What is required: An identical reprint of the entire listing below is expected.

BEGIN

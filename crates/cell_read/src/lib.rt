// A cell of a table in its lent bytes, read: of one place, by its number; of all, which has a text; and of the head. What is said of it
// is the list of its live places and a place's number, so that a layout's offsets stay in here and in `cell_change`, which changes it.
#![tactic(auto)]

ghost use Rattle.std.specs.Prelude.{◌≡◌, ◌<◌, ltb, length, take, IfOk, IfErr};
ghost use Rattle.rules.specs.Layout.{current, head_size, places_per_cell, cell_size};
ghost use Rattle.rules.specs.Identity.{identity_number, tracking_item};
ghost use Rattle.rules.specs.Table.{head_of, text_of};
ghost use Rattle.cell_read.specs.Places.{live_places, Formed, place_at, LiveAt, index_of, HeadAreas};

use octets::{get, get24};
use rules::layout::{
    AREA, AREAS_AT, AREAS_USED_AT, CODE_AT, CONTENT_AT, HEAD, LIVE_AT, PERIOD_AT, PLACE, PLACES,
    REQUESTED_AT, SENT_AT, WAIT_AT,
};
use rules::{Broadcasts, CellIdentity, Seconds};

// ---- one place
// Stays: functions of a cell and a place's number, and no struct of the two, since docs/PROMISES.md names each with what it asks (`LiveAt`).

// How often and how many times a text is broadcast.
#[derive(Clone, Copy)]
pub struct Terms {
    pub period: Seconds,
    pub requested: Broadcasts,
}

pub fn is_live(cell: &[u8], k: usize) -> bool
    requires formed { Formed cell.now }
    requires place_in_cell { k < places_per_cell }
    ensures { result ≡ ltb k (length (live_places cell.now)) }
{
    get::<u8>(cell, HEAD + PLACE * k + LIVE_AT) != 0
}

// Identifier and serial number, side by side.
fn text(cell: &[u8], k: usize) -> u32
    requires { LiveAt cell.now k }
    ensures { result ≡ text_of (place_at cell.now k) }
{
    get::<u32>(cell, HEAD + PLACE * k)
}

pub fn content(cell: &[u8], k: usize) -> u32
    requires { LiveAt cell.now k }
    ensures { result ≡ (place_at cell.now k).content }
{
    get::<u32>(cell, HEAD + PLACE * k + CONTENT_AT)
}

pub fn terms_of(cell: &[u8], k: usize) -> Terms
    requires { LiveAt cell.now k }
    ensures { (result.period ≡ (place_at cell.now k).period) × (result.requested ≡ (place_at cell.now k).requested) }
{
    Terms {
        period: Seconds(get::<u32>(cell, HEAD + PLACE * k + PERIOD_AT)),
        requested: Broadcasts(get::<u16>(cell, HEAD + PLACE * k + REQUESTED_AT)),
    }
}

pub fn sent(cell: &[u8], k: usize) -> Broadcasts
    requires { LiveAt cell.now k }
    ensures { result ≡ (place_at cell.now k).sent }
{
    Broadcasts(get::<u16>(cell, HEAD + PLACE * k + SENT_AT))
}

pub fn wait(cell: &[u8], k: usize) -> Seconds
    requires { LiveAt cell.now k }
    ensures { result ≡ (place_at cell.now k).wait }
{
    Seconds(get::<u32>(cell, HEAD + PLACE * k + WAIT_AT))
}

// ---- the place of a text

// Where the search for a text ended: at the text, or else at the first free place, or behind the last.
pub fn seek(cell: &[u8], wanted: u32) -> Result<usize, usize>
    requires { Formed cell.now }
    ensures found { IfOk result (λ at. (at ≡ index_of wanted (live_places cell.now)) × (at < length (live_places cell.now))) }
    ensures missing { IfErr result (λ at. (at ≡ index_of wanted (live_places cell.now)) × (at ≡ length (live_places cell.now))) }
{
    for k in 0..PLACES {
        if !is_live(cell, k) {
            return Err(k);
        }
        if text(cell, k) == wanted {
            return Ok(k);
        }
    }
    Err(PLACES)
}

// ---- the head

// The emergency areas of a head, of which the first `used` count.
// Stays: an array and how many of it count, since there are four at most and no heap.
#[derive(Clone, Copy)]
pub struct Areas {
    pub used: u8,
    pub all: [u32; 4],
}

pub fn identity(cell: &[u8]) -> CellIdentity
    requires { length cell.now ≡ cell_size current }
    ensures { identity_number result ≡ (head_of current (take (head_size current) cell.now)).identity }
{
    CellIdentity(get::<u64>(cell, 0))
}

// The item that names the cell's tracking area.
pub fn tracking(cell: &[u8]) -> u64
    requires { length cell.now ≡ cell_size current }
    ensures { result ≡ tracking_item (head_of current (take (head_size current) cell.now)).identity (head_of current (take (head_size current) cell.now)).code }
{
    let identity = identity(cell);
    identity.tracking_item(get24(cell, CODE_AT))
}

pub fn areas_of(cell: &[u8]) -> Areas
    requires { length cell.now ≡ cell_size current }
    ensures { HeadAreas (take (head_size current) cell.now) result }
{
    Areas {
        used: get::<u8>(cell, AREAS_USED_AT),
        all: [
            get24(cell, AREAS_AT),
            get24(cell, AREAS_AT + AREA),
            get24(cell, AREAS_AT + 2 * AREA),
            get24(cell, AREAS_AT + 3 * AREA),
        ],
    }
}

END

Answer space:
filename crates/cell_read/src/lib.rt
// A cell of a table in its lent bytes, read: of one place, by its number; of all, which has a text; and of the head. What is said of it
// is the list of its live places and a place's number, so that a layout's offsets stay in here and in `cell_change`, which changes it.
#![tactic(auto)]

ghost use Rattle.std.specs.Prelude.{◌≡◌, ◌<◌, ltb, length, take, IfOk, IfErr};
ghost use Rattle.rules.specs.Layout.{current, head_size, places_per_cell, cell_size};
ghost use Rattle.rules.specs.Identity.{identity_number, tracking_item};
ghost use Rattle.rules.specs.Table.{head_of, text_of};
ghost use Rattle.cell_read.specs.Places.{live_places, Formed, place_at, LiveAt, index_of, HeadAreas};

use octets::{get, get24};
use rules::layout::{
    AREA, AREAS_AT, AREAS_USED_AT, CODE_AT, CONTENT_AT, HEAD, LIVE_AT, PERIOD_AT, PLACE, PLACES,
    REQUESTED_AT, SENT_AT, WAIT_AT,
};
use rules::{Broadcasts, CellIdentity, Seconds};

// ---- one place
// Stays: functions of a cell and a place's number, and no struct of the two, since docs/PROMISES.md names each with what it asks (`LiveAt`).

// How often and how many times a text is broadcast.
#[derive(Clone, Copy)]
pub struct Terms {
    pub period: Seconds,
    pub requested: Broadcasts,
}

pub fn is_live(cell: &[u8], k: usize) -> bool
    requires formed { Formed cell.now }
    requires place_in_cell { k < places_per_cell }
    ensures { result ≡ ltb k (length (live_places cell.now)) }
{
    get::<u8>(cell, HEAD + PLACE * k + LIVE_AT) != 0
}

// Identifier and serial number, side by side.
fn text(cell: &[u8], k: usize) -> u32
    requires { LiveAt cell.now k }
    ensures { result ≡ text_of (place_at cell.now k) }
{
    get::<u32>(cell, HEAD + PLACE * k)
}

pub fn content(cell: &[u8], k: usize) -> u32
    requires { LiveAt cell.now k }
    ensures { result ≡ (place_at cell.now k).content }
{
    get::<u32>(cell, HEAD + PLACE * k + CONTENT_AT)
}

pub fn terms_of(cell: &[u8], k: usize) -> Terms
    requires { LiveAt cell.now k }
    ensures { (result.period ≡ (place_at cell.now k).period) × (result.requested ≡ (place_at cell.now k).requested) }
{
    Terms {
        period: Seconds(get::<u32>(cell, HEAD + PLACE * k + PERIOD_AT)),
        requested: Broadcasts(get::<u16>(cell, HEAD + PLACE * k + REQUESTED_AT)),
    }
}

pub fn sent(cell: &[u8], k: usize) -> Broadcasts
    requires { LiveAt cell.now k }
    ensures { result ≡ (place_at cell.now k).sent }
{
    Broadcasts(get::<u16>(cell, HEAD + PLACE * k + SENT_AT))
}

pub fn wait(cell: &[u8], k: usize) -> Seconds
    requires { LiveAt cell.now k }
    ensures { result ≡ (place_at cell.now k).wait }
{
    Seconds(get::<u32>(cell, HEAD + PLACE * k + WAIT_AT))
}

// ---- the place of a text

// Where the search for a text ended: at the text, or else at the first free place, or behind the last.
pub fn seek(cell: &[u8], wanted: u32) -> Result<usize, usize>
    requires { Formed cell.now }
    ensures found { IfOk result (λ at. (at ≡ index_of wanted (live_places cell.now)) × (at < length (live_places cell.now))) }
    ensures missing { IfErr result (λ at. (at ≡ index_of wanted (live_places cell.now)) × (at ≡ length (live_places cell.now))) }
{
    for k in 0..PLACES {
        if !is_live(cell, k) {
            return Err(k);
        }
        if text(cell, k) == wanted {
            return Ok(k);
        }
    }
    Err(PLACES)
}

// ---- the head

// The emergency areas of a head, of which the first `used` count.
// Stays: an array and how many of it count, since there are four at most and no heap.
#[derive(Clone, Copy)]
pub struct Areas {
    pub used: u8,
    pub all: [u32; 4],
}

pub fn identity(cell: &[u8]) -> CellIdentity
    requires { length cell.now ≡ cell_size current }
    ensures { identity_number result ≡ (head_of current (take (head_size current) cell.now)).identity }
{
    CellIdentity(get::<u64>(cell, 0))
}

// The item that names the cell's tracking area.
pub fn tracking(cell: &[u8]) -> u64
    requires { length cell.now ≡ cell_size current }
    ensures { result ≡ tracking_item (head_of current (take (head_size current) cell.now)).identity (head_of current (take (head_size current) cell.now)).code }
{
    let identity = identity(cell);
    identity.tracking_item(get24(cell, CODE_AT))
}

pub fn areas_of(cell: &[u8]) -> Areas
    requires { length cell.now ≡ cell_size current }
    ensures { HeadAreas (take (head_size current) cell.now) result }
{
    Areas {
        used: get::<u8>(cell, AREAS_USED_AT),
        all: [
            get24(cell, AREAS_AT),
            get24(cell, AREAS_AT + AREA),
            get24(cell, AREAS_AT + 2 * AREA),
            get24(cell, AREAS_AT + 3 * AREA),
        ],
    }
}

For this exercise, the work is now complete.